I have basically a streaming setup, but I don't stream live. Instead, I record directly to my hard drive. What the streaming setup allows one to do, is use the computer to "on the fly" make the video youtube friendly. When you use a camcorder/iphone/gopro, etc, it records HUGE HUGE files. 5 minutes is like 2 GB of data. Its impossible to do anything with this footage online, unless you edit it in a movie editor, and then export it in a web friendly format. This (to me) is a pain in the ass and takes several hours for just a few minutes of footage.
When you have a streaming setup, the file size is like 300 MB for an hour of footage. And its good enough quality. And, its ready to go right to youtube. Its already in the right format.

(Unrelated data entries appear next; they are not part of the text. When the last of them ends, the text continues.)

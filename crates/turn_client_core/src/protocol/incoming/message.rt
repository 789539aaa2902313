//! A whole message of the server (RFC 8656, sections 7 to 12; RFC 6062, section 4).

ghost use Rattle.std.specs.Prelude.{◌≡◌, ◌==◌, [], IfOk, IsOk, OnErr, OnOk, false, true};
ghost use Rattle.turn_agent.specs.Agent.{is_outstanding};
ghost use Rattle.turn_client_api.specs.Answers.{is_data_indication};
ghost use Rattle.turn_client_api.specs.Judgement.{method_in};
ghost use Rattle.turn_client_api.specs.Memory.{message_takes_memory};
ghost use Rattle.turn_client_api.specs.Payloads.{message_step, signed_step};
ghost use Rattle.turn_client_api.specs.Requests.{connection_attempt_method};
ghost use Rattle.turn_client_core.specs.Attempts.{CanSign, request_step};
ghost use Rattle.turn_client_core.specs.Replies.{is_authenticating};
ghost use Rattle.turn_client_core.specs.Wanted.{ReplyWantsMemory, WantsMemoryIfReply};
ghost use Rattle.turn_client_core.specs.ProtocolRecv.{IsPart, outcome_in};
ghost use Rattle.turn_stun.specs.Message.{id_of};

use crate::protocol::TurnClientProtocol;
use crate::protocol::incoming::judge::Judged;
use crate::protocol_recv::TurnProtocolRecv;
use std::alloc::AllocError;
use turn_client_api::Phase;
use turn_stun::instant::Instant;
use turn_stun::message::Message;
use turn_types::message::CONNECTION_ATTEMPT;

impl TurnClientProtocol {
    /// Processes a message on the control connection, or over UDP a datagram that is one.
    ///
    /// # Errors
    ///
    /// If memory allocation fails. Nothing changes then. A Data indication allocates none, nor does any
    /// other message that requires no action, or a signed reply that concerns nothing.
    pub(crate) fn message(
        &mut self,
        message: &Message<'_>,
        now: Instant,
    ) -> Result<TurnProtocolRecv, AllocError>
        requires before { self.old.phase ≡ Phase.Authenticating → self.old.grants ≡ [] }
        ensures answer { IfOk result (λ outcome. outcome_in message.now outcome ≡ (message_step message.now now self.old).0) }
        ensures part { IfOk result (IsPart message.now self.old self.new) }
        ensures after { OnOk result (self.new ≡ (message_step message.now now self.old).1) }
        ensures err { OnErr result (self.new ≡ self.old) }
        ensures free { is_data_indication message.now ≡ true → IsOk result }
        ensures wanted { OnErr result (message_takes_memory message.now self.old ≡ true) }
        ensures replied { OnErr result (WantsMemoryIfReply message.now self.old) }
    {
        let judged = self.judge(message);
        match judged {
            Judged::Unrelated => Ok(TurnProtocolRecv::Ignored),
            Judged::Challenged(challenge) => self.challenged(message, &challenge, now),
            Judged::Fatal => self.fatal(message),
            Judged::LateResponse => Ok(TurnProtocolRecv::Handled),
            Judged::DataIndication => Ok(self.data_indicated(message.as_bytes())),
            Judged::ConnectionAttempt => self.attempt_indicated(message),
            Judged::SignedRequest => self.requested(message),
            Judged::SignedSuccess => self.succeeded(message, now),
            Judged::SignedError => self.failed(message, now),
        }
    }

    /// Processes a signed request of the server. Only a ConnectionAttempt is for a client, and
    /// allocates memory.
    ///
    /// # Errors
    ///
    /// If memory allocation fails. Nothing changes then.
    fn requested(&mut self, message: &Message<'_>) -> Result<TurnProtocolRecv, AllocError>
        requires { CanSign self.old.phase }
        ensures answer { IfOk result (λ outcome. outcome_in message.now outcome ≡ (request_step message.now self.old).0) }
        ensures part { IfOk result (IsPart message.now self.old self.new) }
        ensures after { OnOk result (self.new ≡ (request_step message.now self.old).1) }
        ensures err { OnErr result (self.new ≡ self.old) }
        ensures wanted { OnErr result ((method_in message.now == connection_attempt_method) ≡ true) }
    {
        if message.method() != CONNECTION_ATTEMPT {
            return Ok(TurnProtocolRecv::Ignored);
        }
        self.attempt_requested(message)?;
        Ok(TurnProtocolRecv::Handled)
    }

    /// Processes a signed success response to an outstanding request.
    ///
    /// # Errors
    ///
    /// If memory allocation fails. Nothing changes then.
    fn succeeded(
        &mut self,
        message: &Message<'_>,
        now: Instant,
    ) -> Result<TurnProtocolRecv, AllocError>
        requires before { self.old.phase ≡ Phase.Authenticating → self.old.grants ≡ [] }
        ensures answer { IfOk result (λ outcome. outcome_in message.now outcome ≡ (signed_step true message.now now self.old).0) }
        ensures part { IfOk result (IsPart message.now self.old self.new) }
        ensures after { OnOk result (self.new ≡ (signed_step true message.now now self.old).1) }
        ensures err { OnErr result (self.new ≡ self.old) }
        ensures wanted { OnErr result (ReplyWantsMemory message.now self.old) }
    {
        if self.is_authenticating() {
            self.allocate_granted(message, now)?;
            return Ok(TurnProtocolRecv::Handled);
        }
        self.respond(message, true, now)
    }

    /// Processes a signed error response to an outstanding request.
    ///
    /// # Errors
    ///
    /// If memory allocation fails. Nothing changes then.
    fn failed(
        &mut self,
        message: &Message<'_>,
        now: Instant,
    ) -> Result<TurnProtocolRecv, AllocError>
        requires { self.old.phase ≡ Phase.Authenticating → is_outstanding (id_of message.now) self.old.transactions ≡ true }
        ensures answer { IfOk result (λ outcome. outcome_in message.now outcome ≡ (signed_step false message.now now self.old).0) }
        ensures part { IfOk result (IsPart message.now self.old self.new) }
        ensures after { OnOk result (self.new ≡ (signed_step false message.now now self.old).1) }
        ensures err { OnErr result (self.new ≡ self.old) }
        ensures wanted { OnErr result (ReplyWantsMemory message.now self.old) }
    {
        if self.is_authenticating() {
            self.allocate_denied(message, now)?;
            return Ok(TurnProtocolRecv::Handled);
        }
        self.respond(message, false, now)
    }

    /// Whether a signed ALLOCATE awaits its response.
    fn is_authenticating(&self) -> bool
        ensures { result ≡ is_authenticating self.now.phase }
    {
        self.phase == Phase::Authenticating
    }
}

The downside to the streaming setup is the learning curve, and the cost. Here is my setup for a Mac. I'm not familiar with what would be required for a Windows based setup.
1. Computer: Used 2011 iMac from ebay ($500). Must be quad core i5 or better, seriously. Must have Thunderbolt. This is the cheapest used Mac model that does.
2. Camera: Panasonic HC-V720 ($470 new) Any HD camera will work as long as it has HDMI output, and preferably manual controls for focus and white balance.
3. Blackmagic Mini Recorder ($145): This gets the signal into your computer from the HDMI output to the Thunderbolt input
4. Wirecast (cough, $500, cough ("free..."): This is the streaming software that will control the camera and what file size and quality you record at. There are other free software packages that do the same (Flash Media Encoder), but for an unknown as of yet reason to me, I have not been able to get the free ones to work for me.